The comparative analysis of Lonicerae Japonicae Flos and Lonicerae Flos: A systematical review.

ETHNOPHARMACOLOGICAL RELEVANCE: Lonicerae Japonicae Flos (LJF) and Lonicerae Flos (LF) were once used as the same herb in China, but they were distinguished by Chinese Pharmacopoeia in 2005 in terms of their medicinal history, plant morphology, medicinal properties and chemical constituents. However, their functions, flavor, and meridian tropism are the same according to the Chinese pharmacopoeia 2020 edition, making researchers and customers confused. AIM OF THE REVIEW: This review aimed to provide a comparative analysis of LJF and LF in order to provide a rational application in future research. MATERIALS AND METHODS: The information was gathered from China National Knowledge Infrastructure (CNKI), SciFinder, Google Scholar, PubMed, Web of Science, and Chinese Masters and Doctoral Dissertations (all chosen articles were reviewed attentively from 1980.1 to 2023.8). RESULTS: Till now, 507 chemical compounds have been isolated and identified in LJF, while 223 ones (79 overlapped compounds) are found in LF, including organic acids and derivatives, flavonoids, triterpenoids, iridoids, and essential oil components, etc. In addition, the pharmacological activities of LJF and LF, especially for their anti-influenza efficacy and mechanism, and their difference in terms of pharmacokinetic parameters, toxicology, and clinical applications were also summarized. CONCLUSION: The current work offers comparative information between LJF and LF in terms of botany, traditional uses, phytochemistry, ethnopharmacology, pharmacokinetics, toxicology, and pharmacology, especially their anti-influenza activities. Despite the same clinical applications and similar chemical components in LJF and LF, differentiated components were still existed, resulting in differentiated pharmacological activities and pharmacokinetics parameters.

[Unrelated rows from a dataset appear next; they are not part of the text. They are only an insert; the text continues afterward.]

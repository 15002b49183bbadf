// 25 Pa^2 at a, and a pipe of resistance 1: b may draw up to 5 l/h, since 5^2 is 25.
use flat_text::read_flat;
use nom_range::{RangeEnd, RangeFault, range};
use std::test::Fail;

const UP_TO_FIVE: &str =
    "gasflat 1\nnode a 5 5 0 9\nnode b 0 9 -3 -3\npipe p a b -10 10 1 1 1\nend\n";

const FROM_SIX: &str =
    "gastree 2\nlo q0 0 balance 0\nlo q0 96 balance 1\nhi q0 144 balance 1\nclose pipe 0\nend\n";

#[test]
fn a_node_draws_up_to_what_the_pipe_drops(rt: HostRuntime) -> Result<(), Fail> {
    let p = read_flat(rt.alloc(), UP_TO_FIVE.as_bytes())?;
    let [_, _] = p.nodes() else {
        return Err("two nodes")?;
    };
    let Ok(found) = range(rt.alloc(), &p, 1, 0, 9, 0, 256) else {
        return Err("a range")?;
    };
    assert_eq!(rt; found.carried, 5);
    assert_eq!(rt; found.setting.flows.as_slice(), [5].as_slice());
    assert!(rt; matches!(&found.end, RangeEnd::Narrow));
    let Some(refused) = &found.refused else {
        return Err("refused draws")?;
    };
    assert_eq!(rt; refused.first, 6);
    assert_eq!(rt; refused.tree.as_slice(), FROM_SIX.as_bytes());
    Ok(())
}

#[test]
fn a_least_draw_that_is_too_much_is_refused(rt: HostRuntime) -> Result<(), Fail> {
    let p = read_flat(rt.alloc(), UP_TO_FIVE.as_bytes())?;
    let [_, _] = p.nodes() else {
        return Err("two nodes")?;
    };
    let found = range(rt.alloc(), &p, 1, 6, 9, 0, 256);
    assert!(rt; matches!(&found, Err(RangeFault::Refuted { .. })));
    Ok(())
}
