//! Examples of how much a node may draw, by public calls.
#![tactic(auto)]

#[cfg(test)]
mod ranging;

Moreover, the research about anti-influenza mechanism and functional substances of LJF and LF is dramatically limited, restricting their clinical applications. In addition, few studies have investigated the metabolism feature of LF in vivo, which is one of the important bases for revealing the pharmacological mechanism of LF. At the same time, the toxicity of LJF and LF is not fully studied, and the toxic compounds of LJF and LF need to be screened out in order to standardize the drug use and improve their rational applications.